Top of Working data

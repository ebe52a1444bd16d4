//! The pair of nodes.

ghost use Rattle.std.specs.Prelude.{◌≡◌, ◌≤◌, None, IfOk, IfErr, OnOk};
ghost use Rattle.pfl_language.specs.Limits.{AreLimits};
ghost use Rattle.pfl_world.specs.Worlds.{IsWorld, IsFault, new_world, new_world_at, node_at, opening_world, world_fault};

use crate::fault::{WorldFault, fault_of};
use crate::nodes::Nodes;
use pfl_base::NodeId;
use pfl_edits::NoMemory;
use pfl_language::Limits;
use pfl_link::Link;
use pfl_node::Node;
use pfl_rules::RuleSet;
use std::alloc::Allocator;
use std::marker::Model;

/// The pair of nodes and the link between them. Both nodes and the link have the same limits, which never change.
pub struct World<A: Allocator> {
    pub(crate) alloc: A,
    pub(crate) nodes: Nodes<A>,
    pub(crate) link: Link<A>,
    pub(crate) next_boot: u32,
}

// Written by hand: see docs/ARCHITECTURE.md, "What the prover asks of the code".
impl<A: Allocator> Drop for World<A> {
    fn drop(self) {
        let World {
            alloc: _,
            nodes: _,
            link: _,
            next_boot: _,
        } = self;
    }
}

impl<A: Allocator> Model for World<A> {
    ghost use Rattle.pfl_world.specs.Worlds.{World, PartsAgree, joined};
    ghost use Rattle.pfl_world.specs.Codes.{coded_world};

    ghost Value = { World };

    ghost coded = { coded_world };

    ghost view = { λ w. joined w.nodes w.link w.next_boot };

    ghost invariant = { λ w. PartsAgree (joined w.nodes w.link w.next_boot) };
}

impl<A: Allocator + Copy> World<A> {
    /// The pair before any event, the nodes with a rule set each.
    pub fn new(
        alloc: A,
        limits: Limits,
        rules_a: RuleSet<A>,
        rules_b: RuleSet<A>,
    ) -> Result<Self, WorldFault>
        ensures refused { IfErr result (IsFault (world_fault limits)) }
        ensures not_refused { OnOk result (world_fault limits ≡ None) }
        ensures new { IfOk result (λ w. w ≡ new_world limits rules_a rules_b) }
    {
        if let Some(fault) = fault_of(&limits) {
            return Err(fault);
        }
        Ok(World::opening(alloc, limits, rules_a, rules_b, 1, 3)?)
    }

    /// The pair before any event, the nodes with a rule set each. The next id and queueing number of both nodes, the next ticket and
    /// the number of the next boot are all `start`.
    pub fn new_at(
        alloc: A,
        limits: Limits,
        rules_a: RuleSet<A>,
        rules_b: RuleSet<A>,
        start: u32,
    ) -> Result<Self, WorldFault>
        requires later { 3 ≤ start }
        ensures refused { IfErr result (IsFault (world_fault limits)) }
        ensures not_refused { OnOk result (world_fault limits ≡ None) }
        ensures new { IfOk result (λ w. w ≡ new_world_at limits rules_a rules_b start) }
    {
        if let Some(fault) = fault_of(&limits) {
            return Err(fault);
        }
        Ok(World::opening(alloc, limits, rules_a, rules_b, start, start)?)
    }

    /// The pair before any event, within these limits.
    fn opening(
        alloc: A,
        limits: Limits,
        rules_a: RuleSet<A>,
        rules_b: RuleSet<A>,
        next: u32,
        next_boot: u32,
    ) -> Result<Self, NoMemory>
        requires limits { AreLimits limits }
        ensures new { IfOk result (λ w. w ≡ opening_world limits rules_a rules_b next next_boot) }
    {
        // The link comes first: where the nodes find no memory, it is all that has to be given back.
        let link = Link::new_at(alloc, limits.frames as usize, limits.mtu as usize, next)?;
        let nodes = Nodes::new(alloc, limits, rules_a, rules_b, next)?;
        Ok(World {
            alloc,
            nodes,
            link,
            next_boot,
        })
    }

    /// An equal world, with memory of its own.
    pub fn copy(&self) -> Result<Self, NoMemory>
        ensures same { IfOk result (λ copied. copied ≡ self.now) }
    {
        let link = self.link.copy_all()?;
        let nodes = self.nodes.copy()?;
        Ok(World {
            alloc: self.alloc,
            nodes,
            link,
            next_boot: self.next_boot,
        })
    }
}

impl<A: Allocator> World<A> {
    /// States for proofs what is true of each world. It does nothing.
    pub fn known(&self)
        ensures world { IsWorld self.now }
    {
        self.nodes.known();
        self.link.known();
    }

    /// The node of the name.
    pub fn node(&self, id: NodeId) -> &Node<A>
        ensures node { result.now ≡ node_at self.now id }
    {
        self.nodes.at(id)
    }

    /// The link between the nodes.
    pub fn link(&self) -> &Link<A>
        ensures link { result.now ≡ self.now.link }
    {
        &self.link
    }

    /// The number of the next boot.
    pub fn next_boot(&self) -> u32
        ensures boot { result ≡ self.now.next_boot }
    {
        self.next_boot
    }
}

Bottom of Working data

* _Assignment_:
Filter the records above, keeping each line that contains the word "NodeId".

* _Reply to the task_:
use pfl_base::NodeId;
    pub fn node(&self, id: NodeId) -> &Node<A>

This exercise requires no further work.